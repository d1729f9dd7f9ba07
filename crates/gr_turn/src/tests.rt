// What no clause says: that each call succeeds, and that threads that wait are woken.
ghost use Rattle.std.specs.Prelude.{◌≡◌, ◌<◌, ◌+◌, false};
ghost use Rattle.std.specs.Thread.{IsSync};

use crate::{Held, Pass, Turn};
use std::alloc::Global;
use std::sync::{Arc, Wait};
use std::test::Fail;
use std::thread::{Threads, join};

// How often each of four threads lengthens the list.
const ROUNDS: u64 = 10_000;

// A list of numbers, and a number that stays.
#[derive(Drop)]
struct Row {
    items: Vec<u64>,
    name: u8,
}

impl Held for Row {
    ghost use Rattle.std.specs.Prelude.{ℕ};

    type Item = u64;

    type Fixed = u8;

    ghost entries = { λ row. row.items.items };

    ghost fixed = { λ row. row.name };

    ghost spare = { 0 };

    fn count(&self) -> u64 {
        self.items.len() as u64
    }
}

// Puts one number more at the end of a turn's list, where memory is found.
fn lengthen<R: Wait>(rt: &R, turn: &Turn<Row>, pass: &mut Pass<Row>, number: u64)
    requires { (pass.old.turn ≡ turn.now) × (pass.old.holds ≡ false) }
    ensures { (pass.new.turn ≡ pass.old.turn) × (pass.new.holds ≡ false) × (pass.new.shares ≡ pass.old.shares) }
{
    let mut row = turn.take(rt, pass);
    match row.items.push(number) {
        Ok(()) => turn.give_grown(pass, row),
        Err(_) => turn.give(pass, row),
    }
}

// What one of the threads does.
fn lengthen_often<R: Wait>(rt: &R, turn: &Turn<Row>, mut pass: Pass<Row>, thread: u64) -> Pass<Row>
    requires { (pass.turn ≡ turn.now) × (pass.holds ≡ false) × (thread < 4) }
    ensures { (result.turn ≡ pass.turn) × (result.holds ≡ false) × (result.shares ≡ pass.shares) }
{
    for round in 0..ROUNDS {
        lengthen(rt, turn, &mut pass, thread * ROUNDS + round);
    }
    pass
}

// Two threads lengthen the list, and their passes are joined.
fn lengthen_side_by_side<R: Threads + Wait + Sync>(
    rt: &R,
    turn: &Turn<Row>,
    first: Pass<Row>,
    second: Pass<Row>,
    thread: u64,
) -> Pass<Row>
    requires first { (first.turn ≡ turn.now) × (first.holds ≡ false) }
    requires second { (second.turn ≡ turn.now) × (second.holds ≡ false) }
    requires thread { thread < 3 }
    ensures { (result.turn ≡ turn.now) × (result.holds ≡ false) × (result.shares ≡ first.shares + second.shares) }
{
    let (mut joined, other) = join(
        rt,
        move || -> Pass<Row>
            requires { (first.turn ≡ turn.now) × (first.holds ≡ false) × (thread < 4) × IsSync R.row }
            ensures { (result.turn ≡ first.turn) × (result.holds ≡ false) × (result.shares ≡ first.shares) }
        { lengthen_often(rt, turn, first, thread) },
        move || -> Pass<Row>
            requires { (second.turn ≡ turn.now) × (second.holds ≡ false) × (thread < 3) × IsSync R.row }
            ensures { (result.turn ≡ second.turn) × (result.holds ≡ false) × (result.shares ≡ second.shares) }
        { lengthen_often(rt, turn, second, thread + 1) },
    );
    turn.join(&mut joined, other);
    joined
}

fn row_of(alloc: Global, numbers: &[u64]) -> Result<Row, Fail> {
    let mut items = Vec::new(alloc);
    items.extend_from_slice(numbers)?;
    Ok(Row { items, name: 7 })
}

#[test]
fn a_turn_that_nobody_took_closes(rt: HostRuntime) -> Result<(), Fail> {
    let (turn, pass) = Turn::new(rt.alloc(), row_of(rt.alloc(), &[5, 6])?)?;
    let row = turn.close(pass);
    assert_eq!(rt; (row.items.as_slice(), row.name), ([5, 6].as_slice(), 7));
    Ok(())
}

#[test]
fn a_value_given_back_is_taken_again(rt: HostRuntime) -> Result<(), Fail> {
    let shared = Arc::new(rt.alloc(), row_of(rt.alloc(), &[5])?)?;
    let (turn, mut pass) = Turn::new(rt.alloc(), shared)?;
    let row = turn.take(&rt, &mut pass);
    turn.give(&mut pass, row);
    let row = turn.take(&rt, &mut pass);
    assert_eq!(rt; (row.count(), row.name), (1, 7));
    turn.give(&mut pass, row);
    Ok(())
}

#[test]
fn what_one_pass_gave_another_takes(rt: HostRuntime) -> Result<(), Fail> {
    let (turn, mut first) = Turn::new(rt.alloc(), row_of(rt.alloc(), &[])?)?;
    let mut second = turn.split(&mut first);
    lengthen(&rt, &turn, &mut first, 1);
    lengthen(&rt, &turn, &mut second, 2);
    turn.join(&mut first, second);
    let row = turn.close(first);
    assert_eq!(rt; row.items.as_slice(), [1, 2].as_slice());
    Ok(())
}

#[test]
fn four_threads_lengthen_one_list(rt: HostRuntime) -> Result<(), Fail> {
    let (turn, mut first) = Turn::new(rt.alloc(), row_of(rt.alloc(), &[])?)?;
    let third = turn.split(&mut first);
    let fourth = turn.split(&mut first);
    let second = turn.split(&mut first);
    let (mut first, third) = join(
        &rt,
        || lengthen_side_by_side(&rt, &turn, first, second, 0),
        || lengthen_side_by_side(&rt, &turn, third, fourth, 2),
    );
    turn.join(&mut first, third);
    let mut row = turn.close(first);
    row.items.sort()?;
    for (place, number) in row.items.iter().enumerate() {
        assert_eq!(rt; *number, place as u64, "at {place}");
    }
    assert_eq!(rt; row.items.len(), 4 * ROUNDS as usize);
    Ok(())
}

* * * *

■ **What you should do**: Reproduce all of the entries verbatim.

■ **Task response**:
repository d1729f9dd7f9ba07
filename crates/gr_turn/src/tests.rt
// What no clause says: that each call succeeds, and that threads that wait are woken.
ghost use Rattle.std.specs.Prelude.{◌≡◌, ◌<◌, ◌+◌, false};
ghost use Rattle.std.specs.Thread.{IsSync};

use crate::{Held, Pass, Turn};
use std::alloc::Global;
use std::sync::{Arc, Wait};
use std::test::Fail;
use std::thread::{Threads, join};

// How often each of four threads lengthens the list.
const ROUNDS: u64 = 10_000;

// A list of numbers, and a number that stays.
#[derive(Drop)]
struct Row {
    items: Vec<u64>,
    name: u8,
}

impl Held for Row {
    ghost use Rattle.std.specs.Prelude.{ℕ};

    type Item = u64;

    type Fixed = u8;

    ghost entries = { λ row. row.items.items };

    ghost fixed = { λ row. row.name };

    ghost spare = { 0 };

    fn count(&self) -> u64 {
        self.items.len() as u64
    }
}

// Puts one number more at the end of a turn's list, where memory is found.
fn lengthen<R: Wait>(rt: &R, turn: &Turn<Row>, pass: &mut Pass<Row>, number: u64)
    requires { (pass.old.turn ≡ turn.now) × (pass.old.holds ≡ false) }
    ensures { (pass.new.turn ≡ pass.old.turn) × (pass.new.holds ≡ false) × (pass.new.shares ≡ pass.old.shares) }
{
    let mut row = turn.take(rt, pass);
    match row.items.push(number) {
        Ok(()) => turn.give_grown(pass, row),
        Err(_) => turn.give(pass, row),
    }
}

// What one of the threads does.
fn lengthen_often<R: Wait>(rt: &R, turn: &Turn<Row>, mut pass: Pass<Row>, thread: u64) -> Pass<Row>
    requires { (pass.turn ≡ turn.now) × (pass.holds ≡ false) × (thread < 4) }
    ensures { (result.turn ≡ pass.turn) × (result.holds ≡ false) × (result.shares ≡ pass.shares) }
{
    for round in 0..ROUNDS {
        lengthen(rt, turn, &mut pass, thread * ROUNDS + round);
    }
    pass
}

// Two threads lengthen the list, and their passes are joined.
fn lengthen_side_by_side<R: Threads + Wait + Sync>(
    rt: &R,
    turn: &Turn<Row>,
    first: Pass<Row>,
    second: Pass<Row>,
    thread: u64,
) -> Pass<Row>
    requires first { (first.turn ≡ turn.now) × (first.holds ≡ false) }
    requires second { (second.turn ≡ turn.now) × (second.holds ≡ false) }
    requires thread { thread < 3 }
    ensures { (result.turn ≡ turn.now) × (result.holds ≡ false) × (result.shares ≡ first.shares + second.shares) }
{
    let (mut joined, other) = join(
        rt,
        move || -> Pass<Row>
            requires { (first.turn ≡ turn.now) × (first.holds ≡ false) × (thread < 4) × IsSync R.row }
            ensures { (result.turn ≡ first.turn) × (result.holds ≡ false) × (result.shares ≡ first.shares) }
        { lengthen_often(rt, turn, first, thread) },
        move || -> Pass<Row>
            requires { (second.turn ≡ turn.now) × (second.holds ≡ false) × (thread < 3) × IsSync R.row }
            ensures { (result.turn ≡ second.turn) × (result.holds ≡ false) × (result.shares ≡ second.shares) }
        { lengthen_often(rt, turn, second, thread + 1) },
    );
    turn.join(&mut joined, other);
    joined
}

fn row_of(alloc: Global, numbers: &[u64]) -> Result<Row, Fail> {
    let mut items = Vec::new(alloc);
    items.extend_from_slice(numbers)?;
    Ok(Row { items, name: 7 })
}

#[test]
fn a_turn_that_nobody_took_closes(rt: HostRuntime) -> Result<(), Fail> {
    let (turn, pass) = Turn::new(rt.alloc(), row_of(rt.alloc(), &[5, 6])?)?;
    let row = turn.close(pass);
    assert_eq!(rt; (row.items.as_slice(), row.name), ([5, 6].as_slice(), 7));
    Ok(())
}

#[test]
fn a_value_given_back_is_taken_again(rt: HostRuntime) -> Result<(), Fail> {
    let shared = Arc::new(rt.alloc(), row_of(rt.alloc(), &[5])?)?;
    let (turn, mut pass) = Turn::new(rt.alloc(), shared)?;
    let row = turn.take(&rt, &mut pass);
    turn.give(&mut pass, row);
    let row = turn.take(&rt, &mut pass);
    assert_eq!(rt; (row.count(), row.name), (1, 7));
    turn.give(&mut pass, row);
    Ok(())
}

#[test]
fn what_one_pass_gave_another_takes(rt: HostRuntime) -> Result<(), Fail> {
    let (turn, mut first) = Turn::new(rt.alloc(), row_of(rt.alloc(), &[])?)?;
    let mut second = turn.split(&mut first);
    lengthen(&rt, &turn, &mut first, 1);
    lengthen(&rt, &turn, &mut second, 2);
    turn.join(&mut first, second);
    let row = turn.close(first);
    assert_eq!(rt; row.items.as_slice(), [1, 2].as_slice());
    Ok(())
}

#[test]
fn four_threads_lengthen_one_list(rt: HostRuntime) -> Result<(), Fail> {
    let (turn, mut first) = Turn::new(rt.alloc(), row_of(rt.alloc(), &[])?)?;
    let third = turn.split(&mut first);
    let fourth = turn.split(&mut first);
    let second = turn.split(&mut first);
    let (mut first, third) = join(
        &rt,
        || lengthen_side_by_side(&rt, &turn, first, second, 0),
        || lengthen_side_by_side(&rt, &turn, third, fourth, 2),
    );
    turn.join(&mut first, third);
    let mut row = turn.close(first);
    row.items.sort()?;
    for (place, number) in row.items.iter().enumerate() {
        assert_eq!(rt; *number, place as u64, "at {place}");
    }
    assert_eq!(rt; row.items.len(), 4 * ROUNDS as usize);
    Ok(())
}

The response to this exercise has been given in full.